Summarizing all the results obtained in this study, chitinase expression and activity is present in sundew plants. The hybridization probe used was supposed to detect chitinase transcripts comprising several chitinase classes (if present). These transcripts confirm that chitinases do play role in basic physiological processes e.g. development and morphology (Fig. 1). Although the plants studied were grown in vitro hence no defence was induced, the defensive role of some of detected chitinases also cannot be excluded. Several authors have shown that expression/activity of some chitinases increased upon environmental (including microbial) challenge [28]. Therefore, a pre-existing defence mechanism is likely to be present in tissues [29]. The latter authors proposed that chitinases might co-operate with phytoalexins to effectively control fungal growth and development. Nevertheless, the exact role of chitinases in this mechanism remains to be elucidated.

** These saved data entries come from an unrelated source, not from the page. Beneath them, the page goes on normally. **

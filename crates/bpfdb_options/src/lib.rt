//! What bpfdb is asked for: a subcommand with its options, and the options of each run.
#![tactic(auto)]

mod ask;
mod options;
mod registers;
mod subcommand;
mod test_part;

pub use ask::{
    Ask, ConversationAsk, DEFAULT_LINES, DiffAsk, OriginAsk, OtherSide, Scope, TestAsk, TraceAsk,
    WhynotAsk,
};
pub use options::{NO_OPTIONS, Options};
pub use registers::Registers;
pub use subcommand::Subcommand;
pub use test_part::TestPart;
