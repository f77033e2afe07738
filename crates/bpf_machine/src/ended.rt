//! What is answered where no step can be taken.

use thiserror::Error;

/// A step was asked of a machine that has ended.
#[derive(Clone, Copy, Debug, Error)]
#[error("the machine has ended")]
pub struct Ended;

Our data also revealed strike differences in chitinolytic activities among different tissue parts. Up to three endochitinase isoforms revealed relatively high activity in roots and flowers but much less in stems and leaves. This phenomenon coincides with some theories that explain non-linear distribution of defence throughout the plant [30]. For example, according to optimal defence theory, most defended are tissues of highest fitness value (e.g. reproductive organs) or tissues most probably defended (e.g. roots exposed to microorganisms in soil). Detected activity of chitobiosidase in these tissue types also evokes questions on the role of these enzymes in plant physiology. Thus, to address the physiological roles of chitinases in sundew, several important factors should also be considered such as substrate specificity of different chitinase types as well as the role of development and/or tissue type at the whole plant level, rather than at the meristem or leaf level.